I suppose this is the area of my ministry where I feel least tension with my convictions and aspirations, and the area where I feel the least hankering after Anabaptist ideas. The reason I am acceptable (and even influential) in the local authority is my position as a cathedral canon. I have no theological right to that position or that influence – indeed, the Church does not have that right – but if a secular society invites me to exercise a ministry in this way, who am I to refuse? I would love to discuss this with a more thorough-going Anabaptist, as I am unsure whether it is heresy or not!
Recently I asked a council officer who has become a friend whether he could think of a two-word mission statement that would express the ‘social responsibility’ concept in a less ‘worthy’, ought-ridden manner. He is far from being a Christian, but replied immediately with the reminder, ‘I don’t think you could improve on “Faith in the City”. It inspired a whole generation of local government people, and we still regard the Church of England highly because of it.’ That report was published 15 years ago – how many other church reports from any denomination have that long an active life?
The opportunity to represent my parishioners (who had no access of their own to the corridors of power) was one aspect of ministry I discovered as a vicar. Now that I have no parish, I am seeking to represent people and communities in poverty, by influencing structures and political decisions to make the fight against poverty a higher priority. My reasons for believing in this are theological, but the language I use is almost entirely secular.
These are personal conclusions, which I hope will serve to open a discussion of the issues that are relevant to the growing Anabaptist identity outside historically Anabaptist denominations. I have found myself in a ‘top-down’ Anglican cathedral which works for peace between world leaders (and sometimes more lowly people and communities) but is still needing to learn reconciliation within its own community. It calls itself a community, but the ties of belonging, shared story and common virtues are loose. Even the story of the destruction and rebuilding of Coventry Cathedral will no longer have its eye-witness power, once the eye-witnesses are no longer with us. However, the privilege of being part of the establishment has opened up opportunities to work on behalf of the powerless and marginalised – not to solve their problems so much as to influence minds and decisions, so that they are enabled to work at their problems for themselves.

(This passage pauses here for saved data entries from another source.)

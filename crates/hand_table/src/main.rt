//! Reads rows of hands from the input, one per line, and prints each with the answer of the betting
//! or the cards, or of `replay` followed by `canon` or `check_stated`.
#![tactic(auto)]

mod answers;
mod betting;
mod card_words;
mod cards;
mod event_words;
mod facts;
mod hands;
mod lists;
mod setup_words;
mod traces;
mod words;

use crate::words::first_and_rest;
use std::alloc::{AllocError, Global};
use std::io;

fn main(rt: HostRuntime) -> io::Result<()> {
    let alloc = rt.alloc();
    for line in rt.lines(alloc) {
        let row = answered(alloc, line?.as_str())?;
        println!(rt; "{row}")?;
    }
    Ok(())
}

// A row followed by its answer. Headings, which begin with `#`, and empty lines stay as they are.
fn answered(alloc: Global, row: &str) -> Result<String, AllocError> {
    if row.is_empty() || row.starts_with('#') {
        return String::from_str(alloc, row);
    }
    match answer_to(alloc, row)? {
        Some(answer) => format!(in alloc; "{row} = {answer}"),
        None => format!(in alloc; "{row} ? no such row"),
    }
}

// The answer to the row, by its first word, or `None` if the row cannot be read.
fn answer_to(alloc: Global, row: &str) -> Result<Option<String>, AllocError> {
    let (word, rest) = first_and_rest(row);
    match word.as_bytes() {
        b"betting" => betting::answer_to(alloc, rest),
        b"cards" => cards::answer_to(alloc, rest),
        b"replay" => answers::replayed(alloc, rest),
        b"canon" => answers::canonical(alloc, rest),
        b"stated" => answers::compared(alloc, rest),
        b"times" => answers::repeated(alloc, rest),
        b"push" => lists::pushed(alloc, rest),
        b"text" => lists::copied(alloc, rest),
        _ => Ok(None),
    }
}
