//! The setup and the rules of a test row: `NT 14,100,100 blinds=1,2,0 min=2 rakes=1 always_open`.
ghost use Rattle.std.specs.Prelude.{◌<◌};

use crate::words;
use chip_ledger::{RakeRow, SeatRow};
use play_event::{Code, Reopen, Rules, Setup};

/// What a row begins with: the code of the game, the stacks, and whatever else is not 0 or the
/// default.
pub fn setup_of(text: &str) -> Option<(Setup, Rules)> {
    let (code, rest) = words::first_and_rest(text);
    let (stacks, rest) = words::first_and_rest(rest);
    let stacks = words::row_of(stacks)?;
    let mut setup = Setup {
        code: Code::read(code)?,
        stacks,
        antes: SeatRow::new(stacks.seats),
        dead_antes: false,
        blinds: SeatRow::new(stacks.seats),
        bring_in: 0,
        small_bet: 0,
        big_bet: 0,
        min_bet: 0,
        rakes: RakeRow::none(),
    };
    let mut rules = Rules {
        reopen: Reopen::Full,
        free_fold: true,
        caps: None,
    };
    for word in rest.split(' ') {
        let (name, value) = word.split_once('=').unwrap_or((word, ""));
        set_value(&mut setup, &mut rules, name, value)?;
    }
    Some((setup, rules))
}

fn set_value(setup: &mut Setup, rules: &mut Rules, name: &str, value: &str) -> Option<()> {
    match name.as_bytes() {
        b"antes" => setup.antes = words::row_of(value)?,
        b"dead" => setup.dead_antes = true,
        b"blinds" => setup.blinds = words::row_of(value)?,
        b"bring_in" => setup.bring_in = value.parse::<u64>().ok()?,
        b"small" => setup.small_bet = value.parse::<u64>().ok()?,
        b"big" => setup.big_bet = value.parse::<u64>().ok()?,
        b"min" => setup.min_bet = value.parse::<u64>().ok()?,
        b"rakes" => setup.rakes = rakes_of(value)?,
        b"always_open" => rules.reopen = Reopen::Always,
        b"no_free_fold" => rules.free_fold = false,
        b"caps" => rules.caps = Some([value.parse::<u32>().ok()?; 4]),
        _ => return None,
    }
    Some(())
}

// The rakes of up to eleven pots, from the lowest: `0,1`.
fn rakes_of(text: &str) -> Option<RakeRow> {
    let mut row = RakeRow::none();
    for (index, rake) in text.split(',').enumerate() {
        if index >= 11 {
            return None;
        }
        row = with_rake(row, index, rake.parse::<u64>().ok()?);
    }
    Some(row)
}

fn with_rake(row: RakeRow, index: usize, rake: u64) -> RakeRow
    requires { index < 11 }
{
    let mut more = row;
    more.rakes[index] = rake;
    more
}
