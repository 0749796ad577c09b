//! Parts and their texts. Each law is the contract of a function that does nothing.

ghost use Rattle.std.specs.Prelude.{◌≡◌, ◌<◌, ℕ, List, ◌++◌, length, take, All, Ok};
ghost use Rattle.part_bytes.specs.declared.part.PartValue.{PartValue};
ghost use Rattle.part_bytes.specs.Texts.{bytes_of};
ghost use Rattle.checkpoint_reader.specs.PartReading.{part_read};
ghost use Rattle.checkpoint_laws.specs.SpelledParts.{HasPartText};
ghost use Rattle.checkpoint_laws.specs.Closed.{IsClosedPart};
ghost use Rattle.checkpoint_laws.specs.Examples.{knot, knot_bytes};

/// A part that has a text is read from it, with its length, whatever follows; so two parts that have texts have different ones,
/// and neither begins the other.
pub fn a_part_text_is_read_back()
    ensures read { (part : PartValue) (rest : List ℕ) → HasPartText part → part_read (bytes_of part ++ rest) ≡ Ok (part, length (bytes_of part)) }
    ensures alone { (part other : PartValue) (rest more : List ℕ) → HasPartText part → HasPartText other → bytes_of part ++ rest ≡ bytes_of other ++ more → part ≡ other }
{}

/// What is read is a part that has a text; the bytes begin with that text, and its length is told. So a part is read exactly
/// if the bytes begin with a text.
pub fn what_is_read_has_a_text()
    ensures { (bytes : List ℕ) (part : PartValue) (size : ℕ) → All (λ byte. byte < 256) bytes → part_read bytes ≡ Ok (part, size)
        → HasPartText part × (take size bytes ≡ bytes_of part) × (size ≡ length (bytes_of part)) }
{}

/// What is read is a part by itself. Each reference in it is the number of one of its objects, which are numbered in the order in
/// which they are referred to first; no object is a handle, no dict has a key twice, and a function is what its source is read as.
/// Its names are such as a program may bind, ascend by their bytes and are distinct; there are as many values, and only a name that
/// is alone may have none.
pub fn what_is_read_is_closed()
    ensures { (bytes : List ℕ) (part : PartValue) (size : ℕ) → All (λ byte. byte < 256) bytes → part_read bytes ≡ Ok (part, size) → IsClosedPart part }
{}

/// A list of itself and of a dict that holds it is a part under one name, and this is its text.
pub fn a_knot_has_a_text()
    ensures part { HasPartText knot }
    ensures text { bytes_of knot ≡ knot_bytes }
{}
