//! Checkpoints and the bytes that they are read from. Each law is the contract of a function that does nothing.

ghost use Rattle.std.specs.Prelude.{◌≡◌, ◌<◌, ◌⊎◌, ℕ, List, [], ◌++◌, length, All, Ok};
ghost use Rattle.checkpoint_reader.specs.declared.checkpoint.Checkpoint.{Checkpoint};
ghost use Rattle.checkpoint_reader.specs.declared.fields.Fields.{Fields};
ghost use Rattle.checkpoint_reader.specs.Fields.{fields};
ghost use Rattle.checkpoint_reader.specs.Judging.{IsAnswer};
ghost use Rattle.checkpoint_laws.specs.Texts.{fields_text, version_in};

/// Bytes whose fields are read are the text of what was read, in version 1 or 2 of the format as they say, and the reading ends where they end.
/// So in version 2 each text to which they refer is once in the table, in the order of first use, and no other is.
pub fn what_is_read_is_a_text()
    ensures version { (bytes : List ℕ) (read : Fields) (end : ℕ) → All (λ byte. byte < 256) bytes → fields bytes 0 ≡ Ok (read, end)
        → (version_in bytes ≡ 1) ⊎ (version_in bytes ≡ 2) }
    ensures text { (bytes : List ℕ) (read : Fields) (end : ℕ) → All (λ byte. byte < 256) bytes → fields bytes 0 ≡ Ok (read, end)
        → (bytes ≡ fields_text (version_in bytes) read) × (end ≡ length bytes) }
{}

/// No two lists of bytes of one version of the format are read as the same checkpoint. If bytes are a checkpoint, the same bytes with more after
/// them aren't one.
pub fn a_checkpoint_has_one_text()
    ensures alone { (a b : List ℕ) (k : Checkpoint) → All (λ byte. byte < 256) a → All (λ byte. byte < 256) b → version_in a ≡ version_in b
        → IsAnswer (fields a 0) (Ok k) → IsAnswer (fields b 0) (Ok k) → a ≡ b }
    ensures no_prefix { (a more : List ℕ) (k l : Checkpoint) → All (λ byte. byte < 256) a
        → IsAnswer (fields a 0) (Ok k) → IsAnswer (fields (a ++ more) 0) (Ok l) → more ≡ [] }
{}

Chris Burch, whose story ‘The Vicar’s Tale’ appears in Coming Home, met Anabaptist insights and people while he was a vicar in inner-city Leeds. In 1995 he moved to become Canon Precentor of Coventry Cathedral, where he is responsible for the Cathedral’s worship and takes part in the governance of that high-profile Anglican institution. He is also involved in the city of Coventry, as chair of two secular anti-poverty groups and Bishop’s Chaplain to Urban Priority Areas.